Les icônes ou fresques ont essayé de ressaisir ce moment extraordinaire. Fra Angelico au couvent dominicain de San Marco à Florence, a dépeint un ange merveilleux en haut des escaliers : l'ange d'une beauté splendide et terrible tout à la fois, se baisse, s'agenouille, est plein de révérence devant la grandeur de ce qui se passe dans le coeur de Marie ! Un autre artiste, Andrea Della Robbia, dans un bas-relief, présente Marie assise, le livre ouvert sur les genoux. Elle lit : une main sur le livre, s'identifiant avec ce qu'elle lit, l'autre main sur le coeur, qui acquiesce et consent à tout ce qui est écrit dans le Livre, et tout son être est tourné vers l'Esprit qui comme une colombe s'approche d'elle.

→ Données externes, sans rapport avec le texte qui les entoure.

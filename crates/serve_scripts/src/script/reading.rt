//! Script files: a JSON object with the keys `version` and `events`, each event an array that begins with
//! its word.

use crate::script::fields::{Field, event_of, fields_of};
use crate::script::similar::similar;
use crate::script::tokens::fault_of;
use crate::script::{Event, Script, ScriptFault};
use json_places::{
    Key, Outline, Page, Place, Takes, parts_of, put_doubled, put_json_fault, put_place,
    put_standing, put_unknown_keys, put_value, put_value_fault,
};
use serde_json::Value;
use serve_recordings::bytes_of;
use std::alloc::{AllocError, Global};
use std::fmt::Write;

/// The keys of a script.
const KEYS: [Key; 2] = [
    Key {
        name: "version",
        takes: Takes::Whole { least: 1, most: 1 },
        wanted: "the number 1",
    },
    Key {
        name: "events",
        takes: Takes::Array { most: MOST },
        wanted: "an array of at most 1000 events",
    },
];

/// The words of events.
const WORDS: &str = "hold, cross, cut, split, answer, answer_hex, broken_hex, deaf, late, close, \
     refuse, fail_reset, break, untold, left, long, last_number, unrecoverable";

/// The most events of a script.
const MOST: usize = 1000;

/// Reads a script file of this name.
pub fn read_script(alloc: Global, name: &str, bytes: &[u8]) -> Result<Script, ScriptFault> {
    let page = Page { name, bytes };
    let mut text = String::new(alloc);
    match read_page(alloc, &mut text, page)? {
        Some(events) => Ok(Script::of(events)),
        None => Err(wrong(text)),
    }
}

/// The events of a file; or what is wrong with it is appended.
fn read_page(
    alloc: Global,
    text: &mut String,
    page: Page<'_>,
) -> Result<Option<Vec<Event>>, AllocError> {
    match Value::from_slice(alloc, page.bytes) {
        Ok(value) => read_value(alloc, text, page, &value),
        Err(error) if error.is_memory() => Err(AllocError),
        Err(_) => {
            put_json_fault(alloc, text, page)?;
            Ok(None)
        }
    }
}

/// The events of a file that spells this value; or all that is wrong with it is appended.
fn read_value(
    alloc: Global,
    text: &mut String,
    page: Page<'_>,
    value: &Value,
) -> Result<Option<Vec<Event>>, AllocError> {
    let outline = Outline::read(alloc, page.bytes)?;
    put_outside_faults(alloc, text, page, &outline, value)?;
    let events = read_events(alloc, text, page, &outline, value)?;
    Ok(if text.is_empty() { Some(events) } else { None })
}

/// The events that are right; what is wrong with the others is appended. Of too many none is looked at.
fn read_events(
    alloc: Global,
    text: &mut String,
    page: Page<'_>,
    outline: &Outline,
    value: &Value,
) -> Result<Vec<Event>, AllocError> {
    let mut events = Vec::new(alloc);
    let values = match value.get("events") {
        Some(Value::Array(values)) if values.len() <= MOST => values.as_slice(),
        _ => &[],
    };
    // The file is gone over once, however many are wrong.
    let mut place = Place::start();
    for (index, value) in values.iter().enumerate() {
        let at = outline.event_at(index);
        place.go_to(page.bytes, at);
        let event = Numbered {
            number: index.saturating_add(1),
            place,
            at,
        };
        if let Some(event) = read_event(alloc, text, page, event, value)? {
            events.push(event)?;
        }
    }
    Ok(events)
}

/// The fault of these lines, without the last one's end, which is its reader's.
fn wrong(mut lines: String) -> ScriptFault {
    lines.pop();
    ScriptFault::Wrong(lines)
}

/// Appends a line for each thing that is wrong outside of the events.
fn put_outside_faults(
    alloc: Global,
    text: &mut String,
    page: Page<'_>,
    outline: &Outline,
    value: &Value,
) -> Result<(), AllocError> {
    if !value.is_object() {
        put_place(text, page, outline.start)?;
        text.push_str("a script is an object with the keys version and events; ")?;
        return put_standing(alloc, text, value);
    }
    let members = outline.members.as_slice();
    for key in &KEYS {
        put_key_fault(text, page, outline, key, value)?;
    }
    put_unknown_keys(text, page, members, &KEYS, "version and events")?;
    put_doubled(text, page, members)
}

/// Appends a line where a key of a script is missing, or has a value that no script has there.
fn put_key_fault(
    text: &mut String,
    page: Page<'_>,
    outline: &Outline,
    key: &Key,
    value: &Value,
) -> Result<(), AllocError> {
    match outline.value_at(key.name) {
        Some(at) => put_value_fault(text, page, at, key, value),
        None => {
            put_place(text, page, outline.start)?;
            writeln!(text, "the key \"{}\" is missing", key.name)
        }
    }
}

/// An event's number, from 1, its place, and how many bytes stand before it.
#[derive(Clone, Copy)]
struct Numbered {
    number: usize,
    place: Place,
    at: usize,
}

/// An event in a file.
#[derive(Clone, Copy)]
struct Spot<'a> {
    alloc: Global,
    page: Page<'a>,
    event: Numbered,
    /// Where its parts begin.
    parts: &'a [usize],
}

/// The event that stands there; or what is wrong with it is appended.
fn read_event(
    alloc: Global,
    text: &mut String,
    page: Page<'_>,
    event: Numbered,
    value: &Value,
) -> Result<Option<Event>, AllocError> {
    let parts = parts_of(alloc, page.bytes, event.at)?;
    let spot = Spot {
        alloc,
        page,
        event,
        parts: parts.as_slice(),
    };
    spot.read(text, value)
}

impl Spot<'_> {
    /// The event, of this value; or what is wrong with it is appended.
    fn read(&self, text: &mut String, value: &Value) -> Result<Option<Event>, AllocError> {
        if let Some(values) = value.as_array() {
            if let [first, fields @ ..] = values.as_slice() {
                return self.read_fields(text, first, fields);
            }
        }
        self.put_front(text, self.event.at)?;
        text.push_str("an event is an array that begins with its word; ")?;
        put_standing(self.alloc, text, value)?;
        Ok(None)
    }

    /// The event of this word with what stands behind it; or what is wrong with them is appended.
    fn read_fields(
        &self,
        text: &mut String,
        first: &Value,
        fields: &[Value],
    ) -> Result<Option<Event>, AllocError> {
        let word = first.as_str().unwrap_or("");
        let Some(wanted) = fields_of(word) else {
            self.put_no_word(text, first)?;
            return Ok(None);
        };
        if self.put_field_faults(text, word, wanted, fields)? {
            return Ok(None);
        }
        event_of(self.alloc, word, fields)
    }

    /// Where a part of it begins.
    fn part(&self, index: usize) -> usize {
        self.parts.get(index).copied().unwrap_or(self.event.at)
    }

    fn put_front(&self, text: &mut String, at: usize) -> Result<(), AllocError> {
        let mut place = self.event.place;
        place.go_to(self.page.bytes, at);
        place.put(text, self.page.name)?;
        write!(text, "event {}: ", self.event.number)
    }

    /// Appends that no event has this word, and which it may be.
    fn put_no_word(&self, text: &mut String, first: &Value) -> Result<(), AllocError> {
        self.put_front(text, self.part(0))?;
        text.push_str("no event begins with ")?;
        put_value(self.alloc, text, first)?;
        match similar(self.alloc, first.as_str().unwrap_or(""), WORDS)? {
            Some(word) => writeln!(text, "; did you mean \"{word}\""),
            None => writeln!(text, "; the words are {WORDS}"),
        }
    }

    /// Appends which fields behind its word are wrong, and answers whether one is.
    fn put_field_faults(
        &self,
        text: &mut String,
        word: &str,
        wanted: &[Field],
        fields: &[Value],
    ) -> Result<bool, AllocError> {
        if fields.len() != wanted.len() {
            self.put_count(text, word, wanted, fields.len())?;
            return Ok(true);
        }
        let mut is_wrong = false;
        for (index, (value, wanted)) in fields.iter().zip(wanted.iter()).enumerate() {
            if !wanted.takes(value) {
                self.put_other(text, word, index.saturating_add(1), wanted.wanted(), value)?;
                is_wrong = true;
            }
        }
        let has_no_tokens = self.put_tokens_fault(text, word, wanted.last(), fields.last())?;
        Ok(is_wrong || has_no_tokens)
    }

    /// Appends what is wrong with tokens in hexadecimal digits that stand last, and answers whether
    /// something is.
    fn put_tokens_fault(
        &self,
        text: &mut String,
        word: &str,
        wanted: Option<&Field>,
        value: Option<&Value>,
    ) -> Result<bool, AllocError> {
        let (Some(Field::Tokens | Field::AnyTokens), Some(value)) = (wanted, value) else {
            return Ok(false);
        };
        let Some(digits) = value.as_str() else {
            return Ok(false);
        };
        let tokens = match bytes_of(self.alloc, digits)? {
            Ok(tokens) => tokens,
            Err(place) => {
                self.put_front(text, self.part(2))?;
                writeln!(
                    text,
                    "value 2 behind \"{word}\" has no digit at character {place}"
                )?;
                return Ok(true);
            }
        };
        if matches!(wanted, Some(Field::AnyTokens)) {
            return Ok(false);
        }
        let Some((at, why)) = fault_of(self.alloc, tokens.as_slice())? else {
            return Ok(false);
        };
        self.put_front(text, self.part(2))?;
        writeln!(
            text,
            "value 2 behind \"{word}\" is no answer at byte {at}: {why}"
        )?;
        Ok(true)
    }

    /// Appends which values stand behind its word, and how many stand there.
    fn put_count(
        &self,
        text: &mut String,
        word: &str,
        wanted: &[Field],
        stand: usize,
    ) -> Result<(), AllocError> {
        let count = wanted.len();
        self.put_front(text, self.part(0))?;
        write!(text, "behind \"{word}\" stand {count} values")?;
        for (index, wanted) in wanted.iter().enumerate() {
            text.push_str(if index == 0 { ": " } else { ", and " })?;
            text.push_str(wanted.wanted())?;
        }
        writeln!(text, "; here stand {stand}")
    }

    /// Appends what the field at this place, from 1, is, and what stands there.
    fn put_other(
        &self,
        text: &mut String,
        word: &str,
        nth: usize,
        wanted: &str,
        value: &Value,
    ) -> Result<(), AllocError> {
        self.put_front(text, self.part(nth))?;
        write!(text, "value {nth} behind \"{word}\" is {wanted}; ")?;
        put_standing(self.alloc, text, value)
    }
}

On peut même déchiffrer le texte qu'elle lit. Isaïe : Ecce Virgo concipiet et pariet... « Voici que la vierge concevra et va enfanter un fils- » (Is 7,14). L'Esprit saint, le sang du coeur et l'eau de l'élémentaire, la lettre se rejoignent. Les trois - l'esprit, le sang et l'eau - ne font qu'un. Et ainsi le divin entre dans l'histoire humaine.
Or chaque fois que ces trois ne font qu'un - dans chaque acte de lecture complet - le divin rejoint la condition humaine. A la mort de ce fils de Marie le quatrième évangile décrit comment l'Esprit est livré, du haut de la croix, et comment de son côté ouvert par la lance, le sang et l'eau jaillirent. La vie au-delà de la mort se transmet.
Bien lire et se recueillir, c'est renaître, engendrer mais aussi mourir, s'abandonner jusqu'à l'extrême et transmettre ainsi la grande Vie.
Marie, désormais est au centre de la liturgie de l'Avent. Jusqu'au jour même de la naissance.
icône du signe nous regarde : la position des bras et des deux mains, en orante. Toute sa personne prie et supplie. Mais au milieu de l'icône, comme un foyer de feu et de lumière, il y a l'Enfant imberbe qui bénit. Les mains de la mère et les mains du Fils se complètent et disent le tout de la prière : être béni par l'Enfant Dieu-avec-nous et supplier avec la mère, Marie. Icône-miroir de l'Église en prière en ces derniers jours. Regardez et contemplez. Devenir, chacun de nous, un temple, une maison où habite notre Dieu. Dans le silence, dans l'intimité, dans le secret de nos maisons humbles et domestiques. Acculés par le Covid 19 et les mesures gouvernementales à retrouver le temple secret de notre foyer familial et à y célébrer Noël tout autrement. L'église pendant des siècles n'avait pas des temples autres que la maison, une table et ce qui pouvait se réunir autour d'une table. Voilà le module ancien que nous pouvons redécouvrir aujourd'hui foyer par foyer, à deux ou trois, en nous souvenant des paroles mêmes du Maître- « Là où deux ou trois sont réunis en mon nom, Je suis au milieu de vous ».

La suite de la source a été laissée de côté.